§ **Your goal**
Word for word, please restate the lines from the beginning of the data through the line in which "(λ r. IsColumn" appears.

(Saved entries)
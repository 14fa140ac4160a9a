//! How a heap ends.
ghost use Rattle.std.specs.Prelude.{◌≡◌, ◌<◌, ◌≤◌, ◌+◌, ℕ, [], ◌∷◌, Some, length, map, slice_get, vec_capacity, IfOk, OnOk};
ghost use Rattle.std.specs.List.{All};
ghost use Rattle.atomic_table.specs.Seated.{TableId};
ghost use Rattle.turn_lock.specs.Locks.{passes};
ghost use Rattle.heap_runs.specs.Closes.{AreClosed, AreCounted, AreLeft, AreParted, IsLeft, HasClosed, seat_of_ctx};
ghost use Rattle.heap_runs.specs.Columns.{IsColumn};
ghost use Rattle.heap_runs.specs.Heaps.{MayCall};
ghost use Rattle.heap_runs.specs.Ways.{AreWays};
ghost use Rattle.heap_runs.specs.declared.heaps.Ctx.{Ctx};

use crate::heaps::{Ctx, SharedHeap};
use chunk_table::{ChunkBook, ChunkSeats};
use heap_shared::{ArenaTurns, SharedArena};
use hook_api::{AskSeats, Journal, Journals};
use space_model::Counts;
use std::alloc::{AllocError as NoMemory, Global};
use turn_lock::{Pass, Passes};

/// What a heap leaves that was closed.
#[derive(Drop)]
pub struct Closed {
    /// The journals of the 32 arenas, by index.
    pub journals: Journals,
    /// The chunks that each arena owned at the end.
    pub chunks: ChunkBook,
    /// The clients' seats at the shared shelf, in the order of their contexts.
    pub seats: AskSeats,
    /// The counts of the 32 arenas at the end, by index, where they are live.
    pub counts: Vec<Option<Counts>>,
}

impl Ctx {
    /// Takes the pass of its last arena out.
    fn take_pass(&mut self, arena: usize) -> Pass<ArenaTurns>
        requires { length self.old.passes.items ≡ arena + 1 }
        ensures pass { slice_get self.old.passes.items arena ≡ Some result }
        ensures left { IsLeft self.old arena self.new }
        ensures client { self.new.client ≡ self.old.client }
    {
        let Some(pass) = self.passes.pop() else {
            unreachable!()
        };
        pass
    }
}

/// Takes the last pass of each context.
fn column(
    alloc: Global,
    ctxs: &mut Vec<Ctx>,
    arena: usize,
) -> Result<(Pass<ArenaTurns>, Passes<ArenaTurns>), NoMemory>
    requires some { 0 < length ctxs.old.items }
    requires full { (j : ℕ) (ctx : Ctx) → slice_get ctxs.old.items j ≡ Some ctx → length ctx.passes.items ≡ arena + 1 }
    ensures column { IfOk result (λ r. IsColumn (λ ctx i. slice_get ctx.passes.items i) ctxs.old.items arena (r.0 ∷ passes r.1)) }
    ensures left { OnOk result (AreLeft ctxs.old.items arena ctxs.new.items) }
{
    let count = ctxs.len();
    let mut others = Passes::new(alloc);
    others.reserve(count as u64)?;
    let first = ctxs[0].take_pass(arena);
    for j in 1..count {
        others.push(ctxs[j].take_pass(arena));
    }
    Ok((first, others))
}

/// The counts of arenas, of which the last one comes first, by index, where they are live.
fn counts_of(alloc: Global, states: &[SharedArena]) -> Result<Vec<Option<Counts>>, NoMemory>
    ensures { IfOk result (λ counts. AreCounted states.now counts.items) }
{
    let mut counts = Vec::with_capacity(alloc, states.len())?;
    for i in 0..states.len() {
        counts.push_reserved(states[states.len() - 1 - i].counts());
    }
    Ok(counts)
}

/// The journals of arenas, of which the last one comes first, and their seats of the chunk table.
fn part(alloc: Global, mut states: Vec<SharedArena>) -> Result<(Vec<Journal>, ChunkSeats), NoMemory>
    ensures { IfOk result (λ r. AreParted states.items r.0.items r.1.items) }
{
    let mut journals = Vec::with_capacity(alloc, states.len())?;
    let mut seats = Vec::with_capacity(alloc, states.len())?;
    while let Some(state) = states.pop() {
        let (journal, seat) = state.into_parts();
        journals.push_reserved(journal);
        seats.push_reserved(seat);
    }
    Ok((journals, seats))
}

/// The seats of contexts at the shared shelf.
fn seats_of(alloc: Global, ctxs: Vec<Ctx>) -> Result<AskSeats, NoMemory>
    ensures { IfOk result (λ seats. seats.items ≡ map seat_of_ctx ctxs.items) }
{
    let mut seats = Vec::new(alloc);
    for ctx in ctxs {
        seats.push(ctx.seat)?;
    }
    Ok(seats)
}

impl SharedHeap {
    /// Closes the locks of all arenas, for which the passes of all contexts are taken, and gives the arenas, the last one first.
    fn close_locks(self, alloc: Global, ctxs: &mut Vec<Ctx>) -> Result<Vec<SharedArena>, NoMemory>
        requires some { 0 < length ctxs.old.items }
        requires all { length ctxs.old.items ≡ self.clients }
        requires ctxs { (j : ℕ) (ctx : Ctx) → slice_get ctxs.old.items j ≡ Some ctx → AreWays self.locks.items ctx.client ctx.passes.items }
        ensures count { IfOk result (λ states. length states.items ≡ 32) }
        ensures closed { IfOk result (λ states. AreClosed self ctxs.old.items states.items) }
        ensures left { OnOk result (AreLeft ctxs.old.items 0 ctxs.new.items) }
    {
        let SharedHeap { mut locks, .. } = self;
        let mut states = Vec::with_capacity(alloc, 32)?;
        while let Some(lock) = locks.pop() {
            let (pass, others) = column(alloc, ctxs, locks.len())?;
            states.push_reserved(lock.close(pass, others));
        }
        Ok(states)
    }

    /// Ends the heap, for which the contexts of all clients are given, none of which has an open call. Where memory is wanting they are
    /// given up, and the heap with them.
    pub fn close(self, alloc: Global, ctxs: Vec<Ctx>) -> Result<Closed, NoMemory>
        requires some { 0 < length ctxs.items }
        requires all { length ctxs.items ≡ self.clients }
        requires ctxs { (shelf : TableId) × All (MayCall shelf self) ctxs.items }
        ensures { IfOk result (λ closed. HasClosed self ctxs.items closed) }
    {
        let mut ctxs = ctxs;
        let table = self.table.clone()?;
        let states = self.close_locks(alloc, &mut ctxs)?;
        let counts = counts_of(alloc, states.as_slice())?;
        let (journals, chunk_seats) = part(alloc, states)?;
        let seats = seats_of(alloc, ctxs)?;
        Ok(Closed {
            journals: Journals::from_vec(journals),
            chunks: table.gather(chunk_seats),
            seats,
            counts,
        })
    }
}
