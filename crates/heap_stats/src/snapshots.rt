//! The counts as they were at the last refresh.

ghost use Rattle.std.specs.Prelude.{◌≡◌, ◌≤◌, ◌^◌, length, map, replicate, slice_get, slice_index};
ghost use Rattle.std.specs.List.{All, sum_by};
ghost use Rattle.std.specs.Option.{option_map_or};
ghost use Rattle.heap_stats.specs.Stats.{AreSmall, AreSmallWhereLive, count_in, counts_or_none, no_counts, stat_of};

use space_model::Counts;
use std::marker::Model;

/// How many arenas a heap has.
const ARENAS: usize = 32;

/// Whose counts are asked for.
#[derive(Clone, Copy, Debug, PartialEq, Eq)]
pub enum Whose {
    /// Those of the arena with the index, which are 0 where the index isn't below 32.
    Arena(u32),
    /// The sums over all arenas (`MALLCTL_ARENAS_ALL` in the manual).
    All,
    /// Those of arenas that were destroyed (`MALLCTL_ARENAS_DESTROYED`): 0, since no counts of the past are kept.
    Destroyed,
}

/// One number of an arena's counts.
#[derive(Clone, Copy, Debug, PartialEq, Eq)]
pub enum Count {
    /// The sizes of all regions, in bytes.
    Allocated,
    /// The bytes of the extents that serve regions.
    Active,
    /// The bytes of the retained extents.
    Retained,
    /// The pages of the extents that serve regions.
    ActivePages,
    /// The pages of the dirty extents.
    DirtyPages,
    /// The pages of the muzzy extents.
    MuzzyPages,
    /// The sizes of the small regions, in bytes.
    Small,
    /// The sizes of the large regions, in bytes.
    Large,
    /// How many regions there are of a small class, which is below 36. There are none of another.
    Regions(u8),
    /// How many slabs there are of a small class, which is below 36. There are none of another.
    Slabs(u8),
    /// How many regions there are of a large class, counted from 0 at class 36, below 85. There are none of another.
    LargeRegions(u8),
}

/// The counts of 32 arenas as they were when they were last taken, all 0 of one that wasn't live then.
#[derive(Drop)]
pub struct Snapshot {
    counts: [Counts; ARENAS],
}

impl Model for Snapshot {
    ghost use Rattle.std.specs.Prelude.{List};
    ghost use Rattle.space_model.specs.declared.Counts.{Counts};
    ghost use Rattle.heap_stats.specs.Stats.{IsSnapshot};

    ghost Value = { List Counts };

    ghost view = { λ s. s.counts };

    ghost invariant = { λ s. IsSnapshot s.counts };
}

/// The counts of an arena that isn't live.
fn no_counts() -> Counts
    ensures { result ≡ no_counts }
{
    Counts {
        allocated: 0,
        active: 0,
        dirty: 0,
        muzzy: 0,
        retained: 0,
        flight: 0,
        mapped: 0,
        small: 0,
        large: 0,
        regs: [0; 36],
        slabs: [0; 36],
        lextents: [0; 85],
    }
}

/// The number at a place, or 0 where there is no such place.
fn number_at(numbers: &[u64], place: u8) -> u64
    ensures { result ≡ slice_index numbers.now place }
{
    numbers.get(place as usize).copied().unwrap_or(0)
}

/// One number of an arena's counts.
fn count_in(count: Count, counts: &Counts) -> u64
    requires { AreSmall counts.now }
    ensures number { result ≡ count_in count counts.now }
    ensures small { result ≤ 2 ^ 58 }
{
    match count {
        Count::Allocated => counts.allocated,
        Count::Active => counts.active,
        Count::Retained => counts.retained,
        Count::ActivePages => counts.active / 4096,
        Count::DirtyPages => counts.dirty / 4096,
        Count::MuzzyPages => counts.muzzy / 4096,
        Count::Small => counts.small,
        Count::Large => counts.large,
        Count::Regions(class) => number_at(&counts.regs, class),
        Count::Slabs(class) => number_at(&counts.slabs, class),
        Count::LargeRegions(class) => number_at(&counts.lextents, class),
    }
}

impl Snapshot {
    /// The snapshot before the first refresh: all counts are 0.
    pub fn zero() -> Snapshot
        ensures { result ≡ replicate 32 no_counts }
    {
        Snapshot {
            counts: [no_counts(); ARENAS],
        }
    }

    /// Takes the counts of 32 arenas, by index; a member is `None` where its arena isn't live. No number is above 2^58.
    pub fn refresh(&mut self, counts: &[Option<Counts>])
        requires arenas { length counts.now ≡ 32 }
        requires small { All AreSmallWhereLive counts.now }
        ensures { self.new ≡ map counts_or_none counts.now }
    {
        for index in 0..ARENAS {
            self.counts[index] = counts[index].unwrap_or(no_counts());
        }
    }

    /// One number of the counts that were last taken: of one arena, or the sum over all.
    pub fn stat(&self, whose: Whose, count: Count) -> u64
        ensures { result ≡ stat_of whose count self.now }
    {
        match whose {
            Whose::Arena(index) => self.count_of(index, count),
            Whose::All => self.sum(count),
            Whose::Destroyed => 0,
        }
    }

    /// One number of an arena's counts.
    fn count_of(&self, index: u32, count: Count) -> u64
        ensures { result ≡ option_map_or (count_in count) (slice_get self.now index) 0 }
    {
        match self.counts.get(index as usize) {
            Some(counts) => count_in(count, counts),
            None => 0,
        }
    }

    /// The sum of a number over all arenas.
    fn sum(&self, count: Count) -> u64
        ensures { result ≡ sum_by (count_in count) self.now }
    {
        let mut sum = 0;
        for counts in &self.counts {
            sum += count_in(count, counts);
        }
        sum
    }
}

§ **Output below**
repository 14fa140ac4160a9a
//! How a heap ends.
ghost use Rattle.std.specs.Prelude.{◌≡◌, ◌<◌, ◌≤◌, ◌+◌, ℕ, [], ◌∷◌, Some, length, map, slice_get, vec_capacity, IfOk, OnOk};
ghost use Rattle.std.specs.List.{All};
ghost use Rattle.atomic_table.specs.Seated.{TableId};
ghost use Rattle.turn_lock.specs.Locks.{passes};
ghost use Rattle.heap_runs.specs.Closes.{AreClosed, AreCounted, AreLeft, AreParted, IsLeft, HasClosed, seat_of_ctx};
ghost use Rattle.heap_runs.specs.Columns.{IsColumn};
ghost use Rattle.heap_runs.specs.Heaps.{MayCall};
ghost use Rattle.heap_runs.specs.Ways.{AreWays};
ghost use Rattle.heap_runs.specs.declared.heaps.Ctx.{Ctx};

use crate::heaps::{Ctx, SharedHeap};
use chunk_table::{ChunkBook, ChunkSeats};
use heap_shared::{ArenaTurns, SharedArena};
use hook_api::{AskSeats, Journal, Journals};
use space_model::Counts;
use std::alloc::{AllocError as NoMemory, Global};
use turn_lock::{Pass, Passes};

/// What a heap leaves that was closed.
#[derive(Drop)]
pub struct Closed {
    /// The journals of the 32 arenas, by index.
    pub journals: Journals,
    /// The chunks that each arena owned at the end.
    pub chunks: ChunkBook,
    /// The clients' seats at the shared shelf, in the order of their contexts.
    pub seats: AskSeats,
    /// The counts of the 32 arenas at the end, by index, where they are live.
    pub counts: Vec<Option<Counts>>,
}

impl Ctx {
    /// Takes the pass of its last arena out.
    fn take_pass(&mut self, arena: usize) -> Pass<ArenaTurns>
        requires { length self.old.passes.items ≡ arena + 1 }
        ensures pass { slice_get self.old.passes.items arena ≡ Some result }
        ensures left { IsLeft self.old arena self.new }
        ensures client { self.new.client ≡ self.old.client }
    {
        let Some(pass) = self.passes.pop() else {
            unreachable!()
        };
        pass
    }
}

/// Takes the last pass of each context.
fn column(
    alloc: Global,
    ctxs: &mut Vec<Ctx>,
    arena: usize,
) -> Result<(Pass<ArenaTurns>, Passes<ArenaTurns>), NoMemory>
    requires some { 0 < length ctxs.old.items }
    requires full { (j : ℕ) (ctx : Ctx) → slice_get ctxs.old.items j ≡ Some ctx → length ctx.passes.items ≡ arena + 1 }
    ensures column { IfOk result (λ r. IsColumn (λ ctx i. slice_get ctx.passes.items i) ctxs.old.items arena (r.0 ∷ passes r.1)) }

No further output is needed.